Entries taken from a collection:
[Start of Attachment]

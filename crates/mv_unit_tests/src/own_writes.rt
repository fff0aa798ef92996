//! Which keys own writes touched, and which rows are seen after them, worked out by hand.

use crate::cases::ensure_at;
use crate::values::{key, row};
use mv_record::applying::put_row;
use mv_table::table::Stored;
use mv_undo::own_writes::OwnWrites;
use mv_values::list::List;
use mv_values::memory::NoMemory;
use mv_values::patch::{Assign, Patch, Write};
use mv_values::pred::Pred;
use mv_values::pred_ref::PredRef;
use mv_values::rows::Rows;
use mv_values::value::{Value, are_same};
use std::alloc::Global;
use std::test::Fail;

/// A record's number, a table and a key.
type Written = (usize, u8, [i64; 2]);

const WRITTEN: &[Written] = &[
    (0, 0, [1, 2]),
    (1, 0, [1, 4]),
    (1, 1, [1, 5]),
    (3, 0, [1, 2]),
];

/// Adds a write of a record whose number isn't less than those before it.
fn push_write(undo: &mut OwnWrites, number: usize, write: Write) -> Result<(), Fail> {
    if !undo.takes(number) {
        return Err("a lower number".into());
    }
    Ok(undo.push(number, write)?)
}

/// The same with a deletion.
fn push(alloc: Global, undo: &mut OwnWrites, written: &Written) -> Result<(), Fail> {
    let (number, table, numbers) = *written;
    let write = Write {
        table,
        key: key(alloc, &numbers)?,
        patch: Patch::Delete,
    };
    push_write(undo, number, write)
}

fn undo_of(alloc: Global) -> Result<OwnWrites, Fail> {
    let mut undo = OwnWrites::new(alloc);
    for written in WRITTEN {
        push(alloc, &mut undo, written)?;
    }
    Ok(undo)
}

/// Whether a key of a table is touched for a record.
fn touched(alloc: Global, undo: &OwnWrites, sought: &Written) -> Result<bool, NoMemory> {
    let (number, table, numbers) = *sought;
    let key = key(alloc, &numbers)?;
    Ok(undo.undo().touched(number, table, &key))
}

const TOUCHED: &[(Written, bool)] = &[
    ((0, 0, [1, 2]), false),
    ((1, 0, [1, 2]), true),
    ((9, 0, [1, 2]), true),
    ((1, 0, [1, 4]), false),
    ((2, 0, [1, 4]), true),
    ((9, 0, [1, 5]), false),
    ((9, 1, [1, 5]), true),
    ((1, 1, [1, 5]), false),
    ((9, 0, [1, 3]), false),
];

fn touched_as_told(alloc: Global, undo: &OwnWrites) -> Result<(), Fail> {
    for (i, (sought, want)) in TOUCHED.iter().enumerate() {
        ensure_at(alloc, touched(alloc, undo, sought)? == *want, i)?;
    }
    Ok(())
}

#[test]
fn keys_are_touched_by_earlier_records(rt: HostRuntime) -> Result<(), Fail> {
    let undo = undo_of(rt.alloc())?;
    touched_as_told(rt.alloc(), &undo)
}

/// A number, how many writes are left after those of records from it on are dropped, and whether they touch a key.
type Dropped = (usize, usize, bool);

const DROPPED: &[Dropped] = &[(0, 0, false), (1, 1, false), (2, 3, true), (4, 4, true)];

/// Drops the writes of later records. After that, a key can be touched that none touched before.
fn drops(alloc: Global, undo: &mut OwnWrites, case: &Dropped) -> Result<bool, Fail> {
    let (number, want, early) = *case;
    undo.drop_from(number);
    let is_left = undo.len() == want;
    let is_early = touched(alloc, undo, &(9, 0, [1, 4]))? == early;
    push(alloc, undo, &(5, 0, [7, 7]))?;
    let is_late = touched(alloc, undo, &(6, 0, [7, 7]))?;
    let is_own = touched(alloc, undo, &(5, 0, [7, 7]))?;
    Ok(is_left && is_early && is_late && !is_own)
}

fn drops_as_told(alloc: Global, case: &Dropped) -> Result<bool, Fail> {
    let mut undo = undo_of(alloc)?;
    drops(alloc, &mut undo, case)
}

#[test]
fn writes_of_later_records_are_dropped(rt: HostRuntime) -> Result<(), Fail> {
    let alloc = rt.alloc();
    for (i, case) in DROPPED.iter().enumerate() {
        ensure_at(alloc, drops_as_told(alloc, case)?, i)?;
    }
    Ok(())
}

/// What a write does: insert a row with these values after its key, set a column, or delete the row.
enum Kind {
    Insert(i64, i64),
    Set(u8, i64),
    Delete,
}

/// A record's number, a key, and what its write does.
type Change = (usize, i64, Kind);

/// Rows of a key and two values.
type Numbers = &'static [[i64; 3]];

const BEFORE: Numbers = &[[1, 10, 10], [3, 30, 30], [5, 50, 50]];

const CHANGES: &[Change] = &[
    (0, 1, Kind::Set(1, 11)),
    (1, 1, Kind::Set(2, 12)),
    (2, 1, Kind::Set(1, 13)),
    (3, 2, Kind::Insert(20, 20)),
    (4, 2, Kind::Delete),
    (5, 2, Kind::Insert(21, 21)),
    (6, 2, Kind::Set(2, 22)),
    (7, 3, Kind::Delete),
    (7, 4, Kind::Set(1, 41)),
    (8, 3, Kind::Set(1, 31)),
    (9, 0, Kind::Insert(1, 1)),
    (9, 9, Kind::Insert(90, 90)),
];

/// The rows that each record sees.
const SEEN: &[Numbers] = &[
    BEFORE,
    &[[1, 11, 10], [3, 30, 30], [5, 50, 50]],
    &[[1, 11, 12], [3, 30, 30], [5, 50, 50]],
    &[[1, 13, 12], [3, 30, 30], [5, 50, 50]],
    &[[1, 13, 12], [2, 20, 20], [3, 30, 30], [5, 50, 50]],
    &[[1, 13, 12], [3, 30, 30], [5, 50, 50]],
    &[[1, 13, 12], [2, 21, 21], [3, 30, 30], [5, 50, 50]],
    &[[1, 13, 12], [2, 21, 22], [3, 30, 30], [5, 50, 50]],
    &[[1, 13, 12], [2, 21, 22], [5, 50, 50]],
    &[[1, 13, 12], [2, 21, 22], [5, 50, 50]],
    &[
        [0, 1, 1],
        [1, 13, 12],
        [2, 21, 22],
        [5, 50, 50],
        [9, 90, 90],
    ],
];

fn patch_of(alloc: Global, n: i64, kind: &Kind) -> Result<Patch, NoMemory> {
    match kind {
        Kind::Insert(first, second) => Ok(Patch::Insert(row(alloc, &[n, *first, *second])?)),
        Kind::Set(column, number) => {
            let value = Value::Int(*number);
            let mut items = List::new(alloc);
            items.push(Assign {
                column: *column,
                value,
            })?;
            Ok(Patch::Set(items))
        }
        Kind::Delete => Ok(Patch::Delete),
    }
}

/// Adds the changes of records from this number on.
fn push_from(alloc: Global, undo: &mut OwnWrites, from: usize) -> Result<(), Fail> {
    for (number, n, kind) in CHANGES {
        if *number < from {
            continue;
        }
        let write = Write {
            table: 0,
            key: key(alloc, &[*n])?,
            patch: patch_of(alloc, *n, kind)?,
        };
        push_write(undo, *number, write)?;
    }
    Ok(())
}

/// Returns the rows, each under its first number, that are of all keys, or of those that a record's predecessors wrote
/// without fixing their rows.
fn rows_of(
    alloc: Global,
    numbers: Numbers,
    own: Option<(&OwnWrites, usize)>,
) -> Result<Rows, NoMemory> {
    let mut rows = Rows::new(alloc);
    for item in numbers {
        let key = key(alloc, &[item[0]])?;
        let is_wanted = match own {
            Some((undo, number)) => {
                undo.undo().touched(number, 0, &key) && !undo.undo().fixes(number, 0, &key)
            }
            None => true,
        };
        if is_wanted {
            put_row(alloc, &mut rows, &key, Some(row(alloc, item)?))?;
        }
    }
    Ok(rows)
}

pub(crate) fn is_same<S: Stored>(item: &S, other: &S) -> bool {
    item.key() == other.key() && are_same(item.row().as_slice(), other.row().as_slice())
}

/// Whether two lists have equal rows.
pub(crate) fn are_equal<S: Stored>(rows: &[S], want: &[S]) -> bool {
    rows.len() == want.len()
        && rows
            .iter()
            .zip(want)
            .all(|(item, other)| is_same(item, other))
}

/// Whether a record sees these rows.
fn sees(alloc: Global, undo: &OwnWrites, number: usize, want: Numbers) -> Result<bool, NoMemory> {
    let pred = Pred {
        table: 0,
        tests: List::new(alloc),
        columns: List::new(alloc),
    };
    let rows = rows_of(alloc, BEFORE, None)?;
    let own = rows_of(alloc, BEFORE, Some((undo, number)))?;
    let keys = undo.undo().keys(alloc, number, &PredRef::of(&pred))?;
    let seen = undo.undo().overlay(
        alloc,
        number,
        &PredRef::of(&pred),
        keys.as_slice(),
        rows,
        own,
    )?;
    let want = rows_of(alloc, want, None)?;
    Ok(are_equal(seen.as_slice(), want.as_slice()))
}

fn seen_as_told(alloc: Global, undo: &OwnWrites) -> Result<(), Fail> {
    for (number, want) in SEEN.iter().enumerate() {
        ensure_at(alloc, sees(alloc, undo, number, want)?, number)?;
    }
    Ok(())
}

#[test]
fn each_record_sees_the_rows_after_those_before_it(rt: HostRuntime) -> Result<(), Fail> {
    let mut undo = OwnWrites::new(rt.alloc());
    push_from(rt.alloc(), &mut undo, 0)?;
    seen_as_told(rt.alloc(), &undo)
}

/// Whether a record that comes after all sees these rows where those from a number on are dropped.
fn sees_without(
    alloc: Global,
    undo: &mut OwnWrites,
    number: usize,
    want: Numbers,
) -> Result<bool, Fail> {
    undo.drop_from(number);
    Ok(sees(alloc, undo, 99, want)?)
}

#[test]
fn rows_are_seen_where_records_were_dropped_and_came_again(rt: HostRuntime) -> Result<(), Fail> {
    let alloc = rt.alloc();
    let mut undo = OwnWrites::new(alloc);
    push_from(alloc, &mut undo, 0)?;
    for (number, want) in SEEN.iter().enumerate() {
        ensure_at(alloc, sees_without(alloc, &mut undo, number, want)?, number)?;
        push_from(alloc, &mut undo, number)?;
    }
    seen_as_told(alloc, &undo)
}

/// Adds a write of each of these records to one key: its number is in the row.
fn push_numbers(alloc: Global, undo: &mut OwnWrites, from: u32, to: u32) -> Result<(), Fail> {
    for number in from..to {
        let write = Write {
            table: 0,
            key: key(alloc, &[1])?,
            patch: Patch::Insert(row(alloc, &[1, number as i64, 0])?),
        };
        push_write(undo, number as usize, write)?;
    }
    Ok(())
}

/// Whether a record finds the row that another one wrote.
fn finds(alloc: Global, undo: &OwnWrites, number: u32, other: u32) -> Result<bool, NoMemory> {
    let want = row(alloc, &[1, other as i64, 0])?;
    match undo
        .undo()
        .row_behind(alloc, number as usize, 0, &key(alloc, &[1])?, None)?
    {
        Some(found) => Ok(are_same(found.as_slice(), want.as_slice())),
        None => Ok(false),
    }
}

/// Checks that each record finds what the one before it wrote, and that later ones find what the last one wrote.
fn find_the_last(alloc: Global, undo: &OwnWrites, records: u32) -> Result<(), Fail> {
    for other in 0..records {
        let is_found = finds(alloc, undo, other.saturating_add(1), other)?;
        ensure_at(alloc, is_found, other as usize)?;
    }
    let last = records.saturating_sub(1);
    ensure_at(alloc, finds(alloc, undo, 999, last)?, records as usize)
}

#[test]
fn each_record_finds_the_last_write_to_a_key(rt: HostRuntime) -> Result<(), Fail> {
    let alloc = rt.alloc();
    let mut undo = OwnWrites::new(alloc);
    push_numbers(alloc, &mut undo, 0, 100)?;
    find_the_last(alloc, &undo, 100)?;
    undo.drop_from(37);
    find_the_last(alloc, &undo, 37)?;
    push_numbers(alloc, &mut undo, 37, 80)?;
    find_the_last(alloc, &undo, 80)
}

[End of Attachment]

:: DIRECTIONS ::
The job here is to find each line above with the word "true" and copy it.

:: RESULT OF THE TASK ::
    ((1, 0, [1, 2]), true),
    ((9, 0, [1, 2]), true),
    ((2, 0, [1, 4]), true),
    ((9, 1, [1, 5]), true),
const DROPPED: &[Dropped] = &[(0, 0, false), (1, 1, false), (2, 3, true), (4, 4, true)];
            None => true,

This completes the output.